# [Video] Critique my riding



## Guest (Dec 31, 2009)

After a few outings last season, this is my first season as a dedicated rider. I can usually link turns and maintain pretty good speed on groomed blues, but a lot of things have given me trouble in these early season conditions including: steep blacks, choppy snow, unpacked powder, bumpy terrain, crowds, ice, etc. Most of all though, I still can't really successfully carve. All of my turns end up skidded, and I can only really maintain speed by just mostly going straight and doing quick edge changes without doing full C-shaped turns. I definitely also do get scared at high speeds and end up slowing myself down or doing wide turns.

Here are two videos of me riding on blue groomers. One thing i noticed is that in I sometimes, especially going toeside, swing my back foot around and my upper body turns with it. What should I be doing instead? What else stands out as bad habits or obvious places for improvement?

YouTube - Jack Snowboarding 2009/12/29
YouTube - Jack Snowboarding 2009/12/29 Part 2

Setup:
6'0, 185lbs
'09 Never Summer Premier F1 161
Flow NXT-ATs
Vans Cirros boots


----------



## Sphere (Oct 20, 2009)

to me it does look like you are ruddering a bit. try to use that front foot more in initializing a turn, using the torsional flex to engage that sidecut. also, to me it looks like you are standing a bit too straight, you should have a more athletic stance, a little more bend in the knees and ankles. also take a look at some of Snowolf's instructional vids in the sticky at the top of this forum, i know they helped me a lot


----------



## MunkySpunk (Jan 7, 2009)

You're skidding when you want to carve. Your form is off and you're way too stiff. Get that board angle up, roll your hips to keep it pointed in the right direction, and ride your edge.


----------



## yusoweird (Apr 6, 2009)

i need help with this as well. but it looks like you are counter rotating your upper body after you turn, which causes you to torsionally flex the board to skid. try turning less and more gradually. think of driving a car. your turns are nice and smooth when you turn gradually. when you want to drift, you turn alot at first then counter turn to skid.

i can do nice carve turns on my toe side but i can't seem to do the same carves on my heel side, yet. the way i carve on my toe side is to keep my whole upper body parallel with the board and evenly balance my weight on both leg (maybe slightly forward) after i initiate the turn. make sure that my board doesn't have any torsional flex during the turn. but for some reason, i cant do it on my heel side yet... i think i am torsionally flexing my board without knowing it.


----------



## k2spitfire (Nov 27, 2007)

why do you have such nice gear when u can't even ride properly jeez


----------



## k2spitfire (Nov 27, 2007)

Snowolf said:


> Why do you feel the need to say negative and unproductive things in a thread where a guy is looking for constructive feedback?.......

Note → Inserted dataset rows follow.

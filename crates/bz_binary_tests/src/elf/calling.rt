//! A caller: the name of the function symbol at an address of an ELF file.

ghost use Rattle.std.specs.Prelude.{◌≡◌, Some, option_map, string_bytes, IfOk};
ghost use Rattle.bz_elf.specs.Plain.{plain};
ghost use Rattle.bz_binary_tests.specs.ElfNames.{name_of};

use bz_base::{Addr, FindSymOpts, Result, Symbolize};
use bz_elf::ElfResolver;
use bz_samples::ELF_FUNCTION;
use std::alloc::Global;

/// The name of the function symbol at an address of an ELF file, as its plain answer has it.
fn name_at(alloc: Global, path: &str, bytes: Vec<u8>, addr: Addr) -> Result<Option<String>>
    ensures { IfOk result (λ name. name_of (plain (Some path.now) bytes.items addr) ≡ option_map string_bytes name) }
{
    let resolver = ElfResolver::from_bytes(alloc, path, bytes)?;
    match resolver.find_sym(alloc, addr, &FindSymOpts::Basic)? {
        Ok(found) => Ok(Some(String::from_str(alloc, found.name)?)),
        Err(_) => Ok(None),
    }
}

/// Whether the name at an address in the sample's function is the function's.
fn is_named(alloc: Global) -> Result<bool> {
    let bytes = Vec::from_slice(alloc, &ELF_FUNCTION)?;
    match name_at(alloc, "/e", bytes, 0x400088)? {
        Some(name) => Ok(name.as_str() == "f"),
        None => Ok(false),
    }
}

#[test]
fn names_the_symbol_at_an_address(rt: HostRuntime) {
    assert!(rt; is_named(rt.alloc()) == Ok(true));
}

lol it's almost impulsive, but i guess i will help this fellow boarder out. Firstly u must have a proper relaxed stance and you can achieve this by having your knees slightly bent, back straight, shoulders perpendicular to board, and hands over tail and nose. now it seems to me as if your flexion and extension is off. To improve this look at this







At all the A's is the point where you should be bent down the lowest through out the turn then as your coming off of it from A to B your extending back out( this meaning not bending your knees as much) then from point B to A your starting to bend down again in order to achieve the lowest bending point A. Now your hands need much improving i told u to keep them by nose and tail but for u i would recommend to pretend your in a fishing boat and controlling the engine with your back hand while having your hand at the front reaching for the beers as they slide back and forth during the turns. so for example if u make a left turn your back hand goes behind your back while your front hand goes in front on the stomach side reaching for those beers and vice versa.


----------



## tschamp20 (Nov 2, 2009)

k2spitfire said:


> why do you have such nice gear when u can't even ride properly jeez


jealous much?j/k
looks like how i ride. guess i need to work on it as well.:dunno:
good luck
btw,thanks for the pointers snowolf,very helpful.


----------



## yusoweird (Apr 6, 2009)

Snowolf said:


> Need a bit more specif info on what exactly is happening to you when you try to do a true carve on your heel side edge. I will take a stab in the dark and guess that you either fall backwards or the tail skids to the outside (downhill) of the turn.
> 
> In the first scenario, you are inclining too far for your speed. Inclination or cross over is the method most used by beginning carvers. It can be tricky heel side due to the anatomy of the foot. It is difficult to balance on our heels compared to our toes. Increased speed helps as the centrifugal force then balances out gravity which makes you fall down to the inside of the turn. The trick is to adjust this inclination a bit and sit into the turn more.
> 
> ...


I think it's a little bit of both scenario is what I am experiencing. My carves are slightly skidded on my heelside, but my toeside feels buttery smooth. The skidding happens with the cross over carves. The cross under carves seems to be easier since the transitions are quicker and the edge seems to dig in harder. I will experiment more next time. Thanks!

O I forgot to mention that I ride 151cm Forum Symbol. I am 150lbs. Maybe my board is too short to do fast carves? I would say I had plenty of speed.


----------